🤖 AI Summary
This study addresses the challenge of enhancing cataloging efficiency and browsing experience in large-scale cultural heritage collections by enabling content-based artwork recommendation through automated iconographic classification. To this end, we propose a four-stage workflow: visual elements are first detected using YOLOv8, then mapped to the Iconclass iconographic thesaurus; hierarchical semantic inference is subsequently performed via rule-based reasoning; finally, recommendations are generated by integrating strategies based on hierarchical proximity, IDF-weighted overlap, and Jaccard similarity. This work presents the first deep integration of YOLOv8 with the Iconclass system, demonstrating the feasibility and potential of iconography-aware computer vision methods for automatic artwork annotation and intelligent navigation in digital art collections.
📝 Abstract
We present a proof-of-concept system that automates iconographic classification and content-based recommendation of digitized artworks using the Iconclass vocabulary and selected artificial intelligence methods.

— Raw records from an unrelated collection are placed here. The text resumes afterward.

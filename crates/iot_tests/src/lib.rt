//! The tests of what the program does not use yet, of bytes that were written by hand, and of the lines that the page for embedders
//! quotes. They say what no proof can: that a call with ample memory gives its answer, what a record looks like, and what is left after
//! a device call that failed.
#![tactic(auto)]

#[cfg(test)]
mod accesses;
#[cfg(test)]
mod certifies;
#[cfg(test)]
mod embeds;
#[cfg(test)]
mod execs;
#[cfg(test)]
mod fixtures;
#[cfg(test)]
mod histories;
#[cfg(test)]
mod journals;
#[cfg(test)]
mod langs;
#[cfg(test)]
mod prunes;
#[cfg(test)]
mod refreshes;
#[cfg(test)]
mod requests;
#[cfg(test)]
mod slots;
#[cfg(test)]
mod stamps;
#[cfg(test)]
mod trees;
#[cfg(test)]
mod twins;
#[cfg(test)]
mod versions;
#[cfg(test)]
mod views;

The prototype implements a four-stage workflow for classification and recommendation, which integrates YOLOv8 object detection with algorithmic mappings to Iconclass codes, rule-based inference for abstract meanings, and three complementary recommenders (hierarchical proximity, IDF-weighted overlap, and Jaccard similarity). Although more engineering is still needed, the evaluation demonstrates the potential of this solution: Iconclass-aware computer vision and recommendation methods can accelerate cataloging and enhance navigation in large heritage repositories. The key insight is to let computer vision propose visible elements and to use symbolic structures (Iconclass hierarchy) to reach meaning.